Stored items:

________________________________________

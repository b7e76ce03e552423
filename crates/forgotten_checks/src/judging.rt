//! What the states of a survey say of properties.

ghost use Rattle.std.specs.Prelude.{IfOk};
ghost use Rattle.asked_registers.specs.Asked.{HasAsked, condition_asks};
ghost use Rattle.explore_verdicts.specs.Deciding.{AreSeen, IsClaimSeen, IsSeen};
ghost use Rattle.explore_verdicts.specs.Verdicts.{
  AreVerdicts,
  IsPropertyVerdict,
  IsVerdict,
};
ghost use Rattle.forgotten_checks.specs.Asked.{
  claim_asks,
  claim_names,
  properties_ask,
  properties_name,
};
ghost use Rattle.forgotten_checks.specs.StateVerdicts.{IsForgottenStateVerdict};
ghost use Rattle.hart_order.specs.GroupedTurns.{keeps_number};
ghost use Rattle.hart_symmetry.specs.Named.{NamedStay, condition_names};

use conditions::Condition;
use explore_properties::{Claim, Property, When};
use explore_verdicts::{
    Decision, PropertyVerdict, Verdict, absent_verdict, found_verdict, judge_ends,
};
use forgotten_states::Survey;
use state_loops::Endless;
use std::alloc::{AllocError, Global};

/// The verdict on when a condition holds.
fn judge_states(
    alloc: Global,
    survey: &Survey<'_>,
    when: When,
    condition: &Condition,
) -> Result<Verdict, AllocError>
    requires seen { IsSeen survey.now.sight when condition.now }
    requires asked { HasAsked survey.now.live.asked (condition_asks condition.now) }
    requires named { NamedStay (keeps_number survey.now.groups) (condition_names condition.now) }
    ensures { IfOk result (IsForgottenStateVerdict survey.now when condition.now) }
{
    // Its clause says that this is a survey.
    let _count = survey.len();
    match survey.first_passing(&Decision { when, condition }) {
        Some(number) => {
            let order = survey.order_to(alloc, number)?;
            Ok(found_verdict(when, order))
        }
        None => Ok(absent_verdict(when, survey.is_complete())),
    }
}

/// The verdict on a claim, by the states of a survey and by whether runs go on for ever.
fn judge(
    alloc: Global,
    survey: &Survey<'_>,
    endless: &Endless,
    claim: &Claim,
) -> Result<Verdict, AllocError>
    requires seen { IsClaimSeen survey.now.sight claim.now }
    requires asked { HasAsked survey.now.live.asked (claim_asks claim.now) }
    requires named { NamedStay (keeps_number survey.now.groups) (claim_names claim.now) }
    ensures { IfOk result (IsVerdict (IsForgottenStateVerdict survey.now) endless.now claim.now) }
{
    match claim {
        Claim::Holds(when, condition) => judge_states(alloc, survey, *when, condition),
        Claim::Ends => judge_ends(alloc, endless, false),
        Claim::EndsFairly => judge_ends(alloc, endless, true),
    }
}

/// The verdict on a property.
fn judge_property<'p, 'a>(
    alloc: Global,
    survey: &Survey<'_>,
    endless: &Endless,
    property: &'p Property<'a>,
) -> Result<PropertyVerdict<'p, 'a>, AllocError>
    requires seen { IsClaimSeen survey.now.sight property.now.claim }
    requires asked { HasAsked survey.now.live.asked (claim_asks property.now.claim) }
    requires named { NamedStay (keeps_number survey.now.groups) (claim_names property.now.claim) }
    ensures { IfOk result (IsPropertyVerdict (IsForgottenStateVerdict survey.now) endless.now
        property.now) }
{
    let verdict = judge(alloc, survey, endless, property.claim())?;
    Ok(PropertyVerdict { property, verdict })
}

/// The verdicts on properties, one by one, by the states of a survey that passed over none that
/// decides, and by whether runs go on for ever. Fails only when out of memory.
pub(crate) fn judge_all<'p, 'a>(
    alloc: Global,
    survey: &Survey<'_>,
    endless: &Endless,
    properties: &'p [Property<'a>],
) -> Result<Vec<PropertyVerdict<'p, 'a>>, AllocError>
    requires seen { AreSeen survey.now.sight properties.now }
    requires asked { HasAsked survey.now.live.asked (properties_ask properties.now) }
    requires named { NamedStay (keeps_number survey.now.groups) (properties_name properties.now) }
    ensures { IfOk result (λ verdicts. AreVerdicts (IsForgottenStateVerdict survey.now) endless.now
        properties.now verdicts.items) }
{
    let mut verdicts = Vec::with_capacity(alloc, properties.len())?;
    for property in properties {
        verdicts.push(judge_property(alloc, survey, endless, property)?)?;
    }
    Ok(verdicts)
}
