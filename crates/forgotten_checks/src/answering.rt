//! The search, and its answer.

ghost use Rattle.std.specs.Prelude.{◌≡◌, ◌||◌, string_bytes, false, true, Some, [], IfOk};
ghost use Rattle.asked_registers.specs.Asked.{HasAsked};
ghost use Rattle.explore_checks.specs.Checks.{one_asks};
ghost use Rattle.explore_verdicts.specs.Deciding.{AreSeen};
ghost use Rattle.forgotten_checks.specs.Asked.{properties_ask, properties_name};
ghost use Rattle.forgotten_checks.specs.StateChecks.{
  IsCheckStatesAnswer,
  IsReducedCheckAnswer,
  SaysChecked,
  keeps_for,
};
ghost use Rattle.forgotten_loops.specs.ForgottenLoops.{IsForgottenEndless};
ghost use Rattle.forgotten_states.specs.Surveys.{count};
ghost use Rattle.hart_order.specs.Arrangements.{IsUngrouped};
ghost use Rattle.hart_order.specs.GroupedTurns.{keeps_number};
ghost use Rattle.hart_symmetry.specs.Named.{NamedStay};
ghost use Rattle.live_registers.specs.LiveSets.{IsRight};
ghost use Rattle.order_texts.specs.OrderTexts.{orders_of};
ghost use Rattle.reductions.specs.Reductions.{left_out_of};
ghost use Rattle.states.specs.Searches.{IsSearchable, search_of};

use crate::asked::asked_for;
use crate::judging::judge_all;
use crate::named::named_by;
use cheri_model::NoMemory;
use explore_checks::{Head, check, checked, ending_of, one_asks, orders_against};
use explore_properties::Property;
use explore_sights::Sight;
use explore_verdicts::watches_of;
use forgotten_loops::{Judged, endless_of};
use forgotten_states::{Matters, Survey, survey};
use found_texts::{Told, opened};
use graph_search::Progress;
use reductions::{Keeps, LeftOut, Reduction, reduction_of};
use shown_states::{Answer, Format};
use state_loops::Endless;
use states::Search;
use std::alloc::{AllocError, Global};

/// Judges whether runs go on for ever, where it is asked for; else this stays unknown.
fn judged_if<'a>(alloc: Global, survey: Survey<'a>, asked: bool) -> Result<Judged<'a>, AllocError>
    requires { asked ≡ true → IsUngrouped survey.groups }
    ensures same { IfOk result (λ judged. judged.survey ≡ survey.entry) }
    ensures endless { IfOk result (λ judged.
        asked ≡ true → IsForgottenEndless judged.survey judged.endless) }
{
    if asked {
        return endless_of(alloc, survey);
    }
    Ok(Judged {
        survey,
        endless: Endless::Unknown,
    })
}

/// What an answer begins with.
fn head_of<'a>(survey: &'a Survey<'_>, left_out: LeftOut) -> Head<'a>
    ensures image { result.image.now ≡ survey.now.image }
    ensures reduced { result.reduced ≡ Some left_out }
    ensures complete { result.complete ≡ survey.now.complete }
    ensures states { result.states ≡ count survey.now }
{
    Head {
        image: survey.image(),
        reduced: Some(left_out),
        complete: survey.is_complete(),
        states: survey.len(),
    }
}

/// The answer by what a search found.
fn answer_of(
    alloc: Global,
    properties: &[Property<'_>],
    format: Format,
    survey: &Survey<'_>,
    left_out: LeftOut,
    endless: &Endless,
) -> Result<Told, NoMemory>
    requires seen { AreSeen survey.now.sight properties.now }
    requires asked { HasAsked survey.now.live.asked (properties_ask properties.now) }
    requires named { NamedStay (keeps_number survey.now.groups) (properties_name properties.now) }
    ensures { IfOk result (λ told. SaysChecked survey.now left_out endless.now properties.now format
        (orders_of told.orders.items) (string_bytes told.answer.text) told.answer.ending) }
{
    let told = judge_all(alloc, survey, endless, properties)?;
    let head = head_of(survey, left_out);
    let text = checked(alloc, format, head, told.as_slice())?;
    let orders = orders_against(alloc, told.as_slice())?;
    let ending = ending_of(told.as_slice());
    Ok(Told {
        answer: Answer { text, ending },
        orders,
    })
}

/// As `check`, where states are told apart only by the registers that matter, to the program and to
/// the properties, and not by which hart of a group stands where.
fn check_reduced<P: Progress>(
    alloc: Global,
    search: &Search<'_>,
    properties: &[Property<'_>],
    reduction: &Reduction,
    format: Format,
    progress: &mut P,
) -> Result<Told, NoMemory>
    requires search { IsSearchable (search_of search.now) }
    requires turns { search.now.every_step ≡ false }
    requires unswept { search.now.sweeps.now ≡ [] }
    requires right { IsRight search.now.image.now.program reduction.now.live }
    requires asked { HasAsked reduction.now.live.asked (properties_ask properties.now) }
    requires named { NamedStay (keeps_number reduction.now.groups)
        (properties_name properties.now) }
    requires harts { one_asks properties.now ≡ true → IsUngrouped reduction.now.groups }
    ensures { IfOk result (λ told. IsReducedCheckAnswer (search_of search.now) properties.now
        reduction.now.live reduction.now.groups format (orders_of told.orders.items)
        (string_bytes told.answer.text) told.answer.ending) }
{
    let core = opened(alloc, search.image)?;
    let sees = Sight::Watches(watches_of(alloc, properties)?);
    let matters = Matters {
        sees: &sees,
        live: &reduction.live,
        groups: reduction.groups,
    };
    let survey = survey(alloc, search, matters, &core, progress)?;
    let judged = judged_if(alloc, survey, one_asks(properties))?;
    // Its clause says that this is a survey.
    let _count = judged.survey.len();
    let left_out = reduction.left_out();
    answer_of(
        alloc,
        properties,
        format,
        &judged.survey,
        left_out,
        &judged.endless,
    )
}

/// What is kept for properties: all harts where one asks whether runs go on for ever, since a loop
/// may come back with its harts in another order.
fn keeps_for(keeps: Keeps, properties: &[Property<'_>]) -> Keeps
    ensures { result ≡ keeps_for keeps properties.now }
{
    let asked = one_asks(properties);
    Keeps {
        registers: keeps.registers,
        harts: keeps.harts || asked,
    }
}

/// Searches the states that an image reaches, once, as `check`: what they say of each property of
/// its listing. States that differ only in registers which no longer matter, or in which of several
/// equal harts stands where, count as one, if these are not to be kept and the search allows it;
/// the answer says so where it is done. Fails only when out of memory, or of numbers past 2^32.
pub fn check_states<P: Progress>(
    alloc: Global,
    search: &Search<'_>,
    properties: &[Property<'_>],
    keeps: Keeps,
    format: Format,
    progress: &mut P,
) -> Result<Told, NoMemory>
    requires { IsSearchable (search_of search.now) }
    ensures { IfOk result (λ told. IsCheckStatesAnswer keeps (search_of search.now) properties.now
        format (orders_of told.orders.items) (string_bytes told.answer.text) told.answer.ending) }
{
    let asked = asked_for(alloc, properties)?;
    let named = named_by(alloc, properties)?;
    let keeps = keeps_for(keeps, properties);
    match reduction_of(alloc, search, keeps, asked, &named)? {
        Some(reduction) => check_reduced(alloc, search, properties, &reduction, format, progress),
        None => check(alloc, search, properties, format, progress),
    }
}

________________________________________

| WHAT THE TASK REQUIRES |
Looking at the entries above, count each line that includes the string "Prelude" and give only the total.

| SOLUTION |
2